Data-Centric Consistency

four consistency rules:

  • monotonic reads: r1[x] - r2[x], r2[x] see at least recent status as r1[x]
  • monotonic writes: w1[x] - w2[x], w2[x] change status of data based on w1[x]’s last status of data
  • reads your writes: w[x] - r[x], r[x] will read what w[x] writes
  • writes follow reads: r[x] - w[x], w[x] happends based on what r[x] most recently read

Different background how you can put replicants:

  • permanent replicas: eg, when you download app online, you may be asked which mirror site you want to download according to the cities.
  • server-initited replicas: differece between cache and replicas: cache means caching systems “pull data” from the origin server, while replication systems tend to “push” data to maintain mirror copies of the same data at various place on the network. Replicas depends on requests.
  • client-initited replicas: eg, browser cache

Distribute load is still a chanllenge. This is not good solution to do dynamic replicas. One solution is to keep servers running, but it’s costly.

Update propagation

replicas algorithms

Q1: what to propagate

  • write happen on server A, after done, send invalidation to server B, tell it “your replicas” is not valid any more. Msg is short and only send once, therfore it’s cheap and simple.
  • write happen on server A, keep a log to record the changes, when all of the operation are done on server A, it propagates the same operation order to server B.
  • this protocal is not common used. server A updates physical file, then send to B to replace the old file. If the file is very large, this is expensive.

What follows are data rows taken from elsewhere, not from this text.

//! What the command of a station takes of other systems than GPS, and its options.
//!
//! If memory is refused, a first part of what is put may stand there.

ghost use Rattle.std.specs.Prelude.{◌≡◌, ◌<◌, ◌==◌, ◌++◌, ◌&&◌, ◌||◌, not, false, get_or, IfOk, IfSome, OnOk};
ghost use Rattle.std.specs.Option.{option_copied};
ghost use Rattle.rtk_message.specs.declared.system.System.TheVariants.{Sbas};
ghost use Rattle.rtk_obs.specs.AnyCode.{number_of};
ghost use Rattle.rtk_obs.specs.declared.any_code.AnyCode.{AnyCode};
ghost use Rattle.rtk_survey.specs.BitMarks.{is_marked_in};
ghost use Rattle.rtk_survey.specs.Chains.{no_clocks, clocks_at};
ghost use Rattle.rtk_survey.specs.NextCommand as spec;
ghost use Rattle.rtk_survey.specs.Proposal.{better_of};
ghost use Rattle.rtk_survey.specs.Steps.OtherSystems.{code_in_part, codes_held_by, slot_in_part, slot_held, slots_held, fields_held, legacy_held, glonass_held, taken_held, clocked_held};
ghost use Rattle.rtk_survey.specs.Steps.Tables.{system_epochs_held};
ghost use Rattle.rtk_survey.specs.SummaryText.{msm_option};
ghost use Rattle.rtk_survey.specs.WrongClocks.{is_system_wrong};

use crate::channel_lines::put_told_channel;
use crate::channels::{CHANNELS, FIELDS, count_of_field};
use crate::clock_chains::{ClockOffsets, ClockSurvey};
use crate::date_message::UtcDate;
use crate::station::StationSurvey;
use crate::system_msm::{SystemMsm, epochs_numbered};
use crate::system_signals::AnyCodeMarks;
use crate::systems_sent::SystemsSent;
use crate::telling::moment_of;
use crate::wrong_clocks::is_system_wrong;
use rtk_message::{MsmKind, MsmType, System};
use rtk_obs::{GpsMs, WEEK_MS, letter_of};
use std::alloc::{AllocError, Global};

/// The slots of GLONASS are 1 to 27.
const SLOTS_END: u8 = 28;

/// Half a day but for a minute, which is left for 1012 beside the epochs.
const ALMOST_HALF_DAY_MS: u64 = 43_140_000;

/// The satellites of GPS stand before that of slot 1.
const BEFORE_SLOTS: usize = 32;

// ---- the MSM of a system

fn epochs_by(station: &StationSurvey, system: System, kind: MsmKind) -> u64
    ensures { result ≡ spec.epochs_by (system_epochs_held station.now) system kind }
{
    let msm = MsmType { system, kind };
    epochs_numbered(&station.system_msm, msm.number())
}

fn better_of(station: &StationSurvey, system: System, lesser: MsmKind, greater: MsmKind) -> MsmKind
    ensures { result ≡ better_of (spec.epochs_by (system_epochs_held station.now) system) lesser greater }
{
    let count = epochs_by(station, system, greater);
    if count == 0 || count < epochs_by(station, system, lesser) {
        lesser
    } else {
        greater
    }
}

fn kind_by(station: &StationSurvey, system: System) -> MsmKind
    ensures { result ≡ spec.kind_by (system_epochs_held station.now) system }
{
    let first = better_of(station, system, MsmKind::Msm4, MsmKind::Msm5);
    let second = better_of(station, system, first, MsmKind::Msm6);
    better_of(station, system, second, MsmKind::Msm7)
}

fn number_by(station: &StationSurvey, system: System) -> u16
    ensures { result ≡ spec.number_by (system_epochs_held station.now) system }
{
    let kind = kind_by(station, system);
    let msm = MsmType { system, kind };
    msm.number()
}

// ---- the systems with clocks

// Has an MSM of SBAS an epoch with a value?
fn sends_sbas_msm(station: &StationSurvey) -> bool
    ensures { result ≡ spec.sends_msm (system_epochs_held station.now) Sbas }
{
    let kind = kind_by(station, System::Sbas);
    0 < epochs_by(station, System::Sbas, kind)
}

/// The systems of a station whose messages have clocks.
pub(crate) fn systems_clocked(station: &StationSurvey) -> SystemsSent
    ensures { result ≡ clocked_held station.now }
{
    let mut sent = SystemsSent::of(&station.signals.codes.marks, &station.system_signals.codes);
    sent.sbas = sends_sbas_msm(station);
    sent
}

// ---- 1012

fn is_time_near(near: GpsMs, tow: u32) -> bool
    ensures { result ≡ spec.is_time_near near tow }
{
    let ahead = u64::from(tow) + WEEK_MS + ALMOST_HALF_DAY_MS - near.ms() % WEEK_MS;
    ahead % WEEK_MS < 2 * ALMOST_HALF_DAY_MS
}

fn is_time_near_if_any(near: GpsMs, tow: Option<u32>) -> bool
    ensures { result ≡ spec.is_time_near_if_any near tow }
{
    match tow {
        Some(tow) => is_time_near(near, tow),
        None => false,
    }
}

fn dates_1012(date: Option<UtcDate>, first: Option<u32>, last: Option<u32>) -> bool
    ensures { result ≡ spec.dates_1012 date first last }
{
    match date {
        Some(date) => {
            let near = moment_of(date);
            is_time_near_if_any(near, first) && is_time_near_if_any(near, last)
        }
        None => false,
    }
}

// Does the command take 1012?
fn takes_1012(date: Option<UtcDate>, station: &StationSurvey) -> bool
    ensures { result ≡ legacy_held date station.now }
{
    dates_1012(date, station.times.first, station.times.last)
        && 0 < epochs_numbered(&station.system_msm, 1012)
}

// ---- the codes that are taken

fn are_clocks_wrong(date: Option<UtcDate>, clocks: &[ClockSurvey], system: System) -> bool
    ensures { result ≡ is_system_wrong date (get_or clocks.now 0 no_clocks).offsets system }
{
    match clocks.first() {
        Some(clocks) => is_system_wrong(date, &clocks.offsets, system),
        None => is_system_wrong(date, &ClockOffsets::new(), system),
    }
}

fn join_part(marks: &mut AnyCodeMarks, part: Option<&SystemMsm>)
    ensures { (c : AnyCode) → is_marked_in marks.new.words (number_of c) ≡ (code_in_part (option_copied part.entry) c || is_marked_in marks.old.words (number_of c)) }
{
    if let Some(part) = part {
        marks.join(&part.signals.codes);
    }
}

// Marks the codes of the MSM of a system, unless its clocks are wrong.
fn join_system(
    marks: &mut AnyCodeMarks,
    date: Option<UtcDate>,
    station: &StationSurvey,
    system: System,
)
    ensures { (c : AnyCode) → is_marked_in marks.new.words (number_of c)
        ≡ (spec.takes_code date (clocks_at station.now.clocks).offsets (system_epochs_held station.now) (codes_held_by station.now) c system
        || is_marked_in marks.old.words (number_of c)) }
{
    if are_clocks_wrong(date, station.clocks.as_slice(), system) {
        return;
    }
    let number = number_by(station, system);
    join_part(marks, station.system_msm.get(&number));
}

// Marks the codes of 1012, unless the clocks of GLONASS are wrong.
fn join_legacy(marks: &mut AnyCodeMarks, date: Option<UtcDate>, station: &StationSurvey)
    ensures { (c : AnyCode) → is_marked_in marks.new.words (number_of c)
        ≡ (spec.takes_code_1012 date (clocks_at station.now.clocks).offsets (codes_held_by station.now) c || is_marked_in marks.old.words (number_of c)) }
{
    if are_clocks_wrong(date, station.clocks.as_slice(), System::Glonass) {
        return;
    }
    join_part(marks, station.system_msm.get(&1012));
}

// The same, if 1012 are taken.
fn join_1012(marks: &mut AnyCodeMarks, date: Option<UtcDate>, station: &StationSurvey, legacy: bool)
    ensures { (c : AnyCode) → is_marked_in marks.new.words (number_of c)
        ≡ ((legacy && spec.takes_code_1012 date (clocks_at station.now.clocks).offsets (codes_held_by station.now) c)
        || is_marked_in marks.old.words (number_of c)) }
{
    if legacy {
        join_legacy(marks, date, station);
    }
}

// Marks the codes of satellites of SBAS of 1004, unless the clocks of SBAS are wrong.
fn join_1004(marks: &mut AnyCodeMarks, date: Option<UtcDate>, station: &StationSurvey)
    ensures { (c : AnyCode) → is_marked_in marks.new.words (number_of c)
        ≡ (spec.takes_code_1004 date (clocks_at station.now.clocks).offsets (codes_held_by station.now) c || is_marked_in marks.old.words (number_of c)) }
{
    if are_clocks_wrong(date, station.clocks.as_slice(), System::Sbas) {
        return;
    }
    join_part(marks, station.system_msm.get(&1004));
}

/// The codes of other systems than GPS that the command takes.
pub(crate) fn taken_codes(date: Option<UtcDate>, station: &StationSurvey) -> AnyCodeMarks
    ensures { (c : AnyCode) → is_marked_in result.words (number_of c) ≡ taken_held date station.now c }
{
    let legacy = takes_1012(date, station);
    let mut marks = AnyCodeMarks::new();
    join_system(&mut marks, date, station, System::Navic);
    join_system(&mut marks, date, station, System::Sbas);
    join_system(&mut marks, date, station, System::Qzss);
    join_system(&mut marks, date, station, System::Beidou);
    join_system(&mut marks, date, station, System::Galileo);
    join_system(&mut marks, date, station, System::Glonass);
    join_1004(&mut marks, date, station);
    join_1012(&mut marks, date, station, legacy);
    marks
}

// ---- the option of kinds

/// The option that names the MSM of all systems.
pub(crate) fn msm_option(named: MsmKind) -> &'static [u8]
    ensures { result.now ≡ msm_option named }
{
    match named {
        MsmKind::Msm4 => b"",
        MsmKind::Msm5 => b" --msm 5",
        MsmKind::Msm6 => b" --msm 6",
        MsmKind::Msm7 => b" --msm 7",
    }
}

fn msm_digit(kind: MsmKind) -> u8
    ensures { result ≡ spec.msm_digit kind }
{
    match kind {
        MsmKind::Msm4 => b'4',
        MsmKind::Msm5 => b'5',
        MsmKind::Msm6 => b'6',
        MsmKind::Msm7 => b'7',
    }
}

// The kind of the first system that is taken.
fn leading_kind(station: &StationSurvey, gps: MsmKind, sent: &SystemsSent) -> MsmKind
    ensures { result ≡ spec.leading_kind gps (system_epochs_held station.now) sent.now }
{
    if sent.gps {
        gps
    } else if sent.glonass {
        kind_by(station, System::Glonass)
    } else if sent.galileo {
        kind_by(station, System::Galileo)
    } else if sent.beidou {
        kind_by(station, System::Beidou)
    } else if sent.qzss {
        kind_by(station, System::Qzss)
    } else if sent.sbas {
        kind_by(station, System::Sbas)
    } else if sent.navic {
        kind_by(station, System::Navic)
    } else {
        gps
    }
}

fn is_other_kind(kind: MsmKind, first: MsmKind) -> bool
    ensures { result ≡ not (spec.msm_digit kind == spec.msm_digit first) }
{
    msm_digit(kind) != msm_digit(first)
}
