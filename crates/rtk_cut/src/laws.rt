//! Laws over the definition of a part. They hold of files of GPS and of any systems.
//!
//! Each function here does nothing. Its contract is the law, and a caller that calls it may cite
//! it.

ghost use Rattle.rtk_cut.specs.CutLaws.{EpochsAreOfFiles, PartsAreTables, RecordsAreOwn, SpansJoin, OwnStepGivesFile};
ghost use Rattle.rtk_cut.specs.CutLaws.{RecordsAreAskedFor, SlipsAreKept, SlipsAreFound, OthersStay, PartsAreWritten};

/// In the epochs of a well-formed file each satellite stands once, each code shows what a code of a file can
/// show, and the moments rise. Other laws ask for this.
pub fn epochs_are_of_files()
    ensures { EpochsAreOfFiles }
{}

/// A part of a well-formed file is a well-formed file.
pub fn parts_are_tables()
    ensures { PartsAreTables }
{}

/// Without a step the records are the file's own, unchanged.
pub fn records_are_own()
    ensures { RecordsAreOwn }
{}

/// The records of two spans that meet are those of the span of both, at any step: the hours of a
/// day are the day.
pub fn spans_join()
    ensures { SpansJoin }
{}

/// A step on which all records are, with no span, gives the file itself.
pub fn own_step_gives_file()
    ensures { OwnStepGivesFile }
{}

/// A part has the records of the file in its span whose moment is a whole number of steps, and no
/// others: all steps and all moments alike.
pub fn records_are_asked_for()
    ensures { RecordsAreAskedFor }
{}

/// No slip is lost: the next phase on the step shows it, however many records and however much
/// time are between.
pub fn slips_are_kept()
    ensures { SlipsAreKept }
{}

/// No slip is invented: each is a slip of the file since the phase stood in a record on the step.
pub fn slips_are_found()
    ensures { SlipsAreFound }
{}

/// Without its slips each record of a part is one of the file's.
pub fn others_stay()
    ensures { OthersStay }
{}

/// What `cut` and `cut_mixed` write is the text of a part of which all of this holds, and its header is the
/// file's, but for the first time.
pub fn parts_are_written()
    ensures { PartsAreWritten }
{}
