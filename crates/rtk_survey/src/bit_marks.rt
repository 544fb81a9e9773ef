//! Marks of places, one bit each.

ghost use Rattle.std.specs.Prelude.{◌≡◌, ◌==◌, ◌*◌, ◌<◌, ◌||◌, ℕ, false};
ghost use Rattle.rtk_survey.specs.BitMarks.{is_marked_in};

/// Which of the places below 64 times `WORDS` are marked.
///
/// A place takes a bit and no `bool`, since a station has marks for each number of its messages.
#[derive(Clone, Copy)]
pub struct BitMarks<const WORDS: usize> {
    pub words: [u64; WORDS],
}

impl<const WORDS: usize> BitMarks<WORDS> {
    /// No place is marked.
    pub fn new() -> BitMarks<WORDS>
        ensures { (n : ℕ) → is_marked_in result.words n ≡ false }
    {
        BitMarks { words: [0; WORDS] }
    }

    /// Marks a place.
    pub fn mark(&mut self, place: usize)
        requires { place < 64 * WORDS }
        ensures { (n : ℕ) → is_marked_in self.new.words n ≡ ((place == n) || is_marked_in self.old.words n) }
    {
        self.words[place / 64] |= 1 << (place % 64);
    }

    /// Is a place marked?
    pub fn is_marked(&self, place: usize) -> bool
        requires { place < 64 * WORDS }
        ensures { result ≡ is_marked_in self.now.words place }
    {
        (self.words[place / 64] >> (place % 64)) & 1 == 1
    }

    /// Marks the places that others mark, too.
    pub fn join(&mut self, more: &BitMarks<WORDS>)
        ensures { (n : ℕ) → is_marked_in self.new.words n ≡ (is_marked_in more.now.words n || is_marked_in self.old.words n) }
    {
        for k in 0..WORDS {
            self.words[k] |= more.words[k];
        }
    }
}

Q2: who propagate( who send or who recieve )

depends the efficiency and latency.

  • server push updates? server only send one single msg, put request. Save half msg. But workload is higher, because server has to remember everthing, such as which client I need to send msg.
  • client pull updates? client ask for “could you send update”, server reply “yes” then send to client. Round msg in total.

Higher approach of propagate: move functionality from server to client(lease-based): when load scales up(lease expired), transfer protocal from put based to pull based.

Epidemic protocols:

site 1 and site 2 try to fix inconsistency in order to eventually consistency.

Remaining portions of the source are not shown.